## Aim of the task
Take the line containing "for some globals." and all lines after it to the end of the records, and output them exactly.

=== Section Start ===

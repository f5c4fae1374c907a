// What the program does where runs are made by chance: it reads what they begin with, has them made (`mj_explore`), tells of them, and keeps the steps of one
// that shows what is looked for.
//
// What is printed is `specs/Printed.antt`, and the exit status `specs/Statuses.antt`. Behind that, where hints are wanted, it is told which ends came how often
// (`specs/Told.antt`). An expression that faults over what the first run left is refused as a word that is spelled wrongly is, and it is told by which fault,
// and what that run came to.
#![tactic(auto)]

mod printed;
mod searching;
mod told;

pub use searching::explore;
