// Laws of every file: each function has nothing to do, and its contract is the law.

ghost use Rattle.mj_gfile.specs.Refused.{HasOneReason};
ghost use Rattle.mj_gfile.specs.Spelled.{IsReadBack, HasOneSpelling};

/// Bytes are refused as a listing for one reason at one line.
pub fn one_reason()
    ensures { HasOneReason }
{}

/// A listing of globals is read as these.
pub fn reads_back()
    ensures { IsReadBack }
{}

/// There is one listing of each version at most for some globals.
pub fn one_spelling()
    ensures { HasOneSpelling }
{}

=== Section End ===

## Answer space
/// There is one listing of each version at most for some globals.
pub fn one_spelling()
    ensures { HasOneSpelling }
{}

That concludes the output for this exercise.